Fetiukov, a prisoner with Shukhov, has forgotten what it means to be human. He is motivated solely by shallow desire. He practically licks the boot of another prisoner in hopes of getting a drag on a cigarette: “’Tsezar,’ slobbered Fetiukov, unable to restrain himself. ‘Give us a puff.’ His face twitched with greedy desire” (25). One can be sure that he did not last long in the gulag.

Meanwhile, Shukhov retains his ideals and stays human.
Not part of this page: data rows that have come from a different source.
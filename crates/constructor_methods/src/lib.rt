//! The methods of field constructors: their instructions, their Code and their constants, as they are added to the class files of the
//! classes whose objects written code makes.
#![tactic(auto)]

mod constructor_bytes;
mod constructor_code;
mod constructor_method;
mod field_kinds;

pub use constructor_method::{field_constructor, field_constructor_with};
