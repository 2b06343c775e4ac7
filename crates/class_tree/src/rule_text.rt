//! The names of the rules of linking, and what they ask in words.
ghost use Rattle.std.specs.Prelude.{◌≡◌};
ghost use Rattle.class_tree.specs.RuleNames.{link_rule_name};

use crate::fault::LinkRule;

impl LinkRule {
    /// The name, as a refusal prints it.
    pub fn name(self) -> &'static str
        ensures { result.now ≡ link_rule_name self }
    {
        match self {
            LinkRule::Duplicate => "Duplicate",
            LinkRule::Missing => "Missing",
            LinkRule::Circle => "Circle",
            LinkRule::FinalSuper => "FinalSuper",
            LinkRule::LibraryLeans => "LibraryLeans",
            LinkRule::KindOfSuper => "KindOfSuper",
            LinkRule::NoMember => "NoMember",
            LinkRule::NoAccess => "NoAccess",
            LinkRule::WrongForm => "WrongForm",
            LinkRule::FinalOverridden => "FinalOverridden",
        }
    }

    /// What is wrong where the rule is broken, in words.
    pub fn text(self) -> &'static str {
        match self {
            LinkRule::Duplicate => "two class files have this class",
            LinkRule::Missing => "a class that it needs is not there",
            LinkRule::Circle => {
                "it is above itself: following superclasses and interfaces leads back to it"
            }
            LinkRule::FinalSuper => "its superclass is final",
            LinkRule::LibraryLeans => {
                "it is a class of the library and names a class of the input as its superclass or interface"
            }
            LinkRule::KindOfSuper => {
                "its superclass is an interface, or an interface that it names is a class, or it is no interface or no throwable where one is needed"
            }
            LinkRule::NoMember => "a field or method that it names is not found",
            LinkRule::NoAccess => {
                "a class, field or method that it names is not accessible from it"
            }
            LinkRule::WrongForm => {
                "an instruction names a field or method of the wrong form: static where it must not be or the other way round, of an interface where a class is needed or the other way round, or a class that new cannot make"
            }
            LinkRule::FinalOverridden => "it overrides a method that is final",
        }
    }
}
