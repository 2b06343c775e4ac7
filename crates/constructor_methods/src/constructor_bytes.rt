//! The bytes of a field constructor's code.
ghost use Rattle.std.specs.Prelude.{◌≡◌, ◌≤◌, length, IfOk};
ghost use Rattle.std.specs.List.{AllByRecursion};
ghost use Rattle.making_code.specs.ConstructorCode.{bytes_from};
ghost use Rattle.constructor_methods.specs.Inner.ConstructorWords.{IsShortForm};

use class_model::{ByteList, Instr, ListOf, NoMemory};
use code_bytes::encode_into;
use std::alloc::Global;

/// The bytes of instructions, one after the other.
pub(crate) fn bytes_of(alloc: Global, instrs: &[Instr]) -> Result<ByteList, NoMemory>
    requires short { AllByRecursion IsShortForm instrs.now }
    requires few { length instrs.now ≤ 1000 }
    ensures { IfOk result (λ bytes. bytes ≡ bytes_from 0 instrs.now) }
{
    let mut bytes = Vec::new(alloc);
    for instr in instrs {
        let at = bytes.len() as u32;
        encode_into(&mut bytes, instr, at)?;
    }
    Ok(ListOf::from_vec(bytes))
}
At meals, “He removed his hat from his clean-shaven head—however cold it might be, he could never bring himself to eat with his hat on” (14). He offers challenges to the guards who strip search him in the Siberian winter four times a day: “Come on, paw me as hard as you like. There’s nothing but my soul in my chest” (28). Shukhov fights the necessary fight to keep his humanity. It is a way of rebelling against the gulag without explicit antagonism. He is rebelling against the ideaof the gulag, which wants nothing more than to break his spirit. He refuses to bend.

Pyongt’ae’s classmates, knowing full well that they were Sokdae’s serfs, rationalize their serfdom. Pyongjo, whose father’s expensive gold lighter was effectively stolen by Sokdae, stays silent when the teacher confronts the class. Asked if anybody had been slighted by Sokdae, the students respond forcefully: “No one!” (42) Again and again, they submit to Sokdae’s injustices.

In the end, neither Han Pyongt’ae nor Shukhov explicitly win their battles. After a day of theft, fear, and backbreaking labor, Shukhov is simply glad that “they hadn’t put him in the cells…And he hadn’t fallen ill” (139). He never thinks that he resisted against the gulag. The adult Han Pyongt’ae, in his own eyes, is a failure. It took an outside savior to free Pyongt’ae and his class from Sokdae. No such savior existed in the adult world, and a familiar injustice returned: “It was as if I had been thrown into a cruel kingdom that ran things as it wished. Here Om Sokdae began to reappear from the dim past” (122). His fellow students, willing to unquestioningly flow along with the current of society—with all its vices—were now rich. Pyongt’ae bitterly states, “I wanted to squeeze into a corner of their rich table. But my very urgency buried me that much deeper into the slime of my life” (121).

But the reason one reads Our Twisted Hero and One Day in the Life of Ivan Denisovich is not to hear how an infallible hero slew his enemy single-handedly. It is to hear how an ordinary person retained, at all costs, the most important thing in a world of blood, tears, and solitude: his humanity. This act turned out to be of utmost importance. With One Day, Solzhenitsyn exposed the horrors of the gulags to readers in both Russia and the West. Yi Min-yol, with Our Twisted Hero, was the first writer to negatively portray South Korea’s post-totalitarian democracy. Both writers stuck to their ideals and decided that they would fight for their cause by simply writing the truth, no matter what public sentiment might oppose them.

The lessons these books carry have not faded over time. The next time our government allows bankers to ruin the lives of hundreds of thousands of citizens, spies on us, and has an approval rating of nine percent, we should wonder what culture put that in place. Was it Shukhov’s unwillingness to sacrifice his humanity? Was it Pyongt’ae’s willingness to denounce what he sees as an unjust system?

In the end, both books give us the same warning, as applicable today as it has ever been: a man who submits willingly to unjust imprisonment has wrought the iron of his cell with his own mind. When Shukhov asks us what it means to be cold, we may not understand, but we must always remember what it means to be warm when the water begins to freeze.

Works Cited:

Solzhenitsyn, Aleksandr. One Day in the Life of Ivan Denisovich. New York: New American Library, 1963. Print.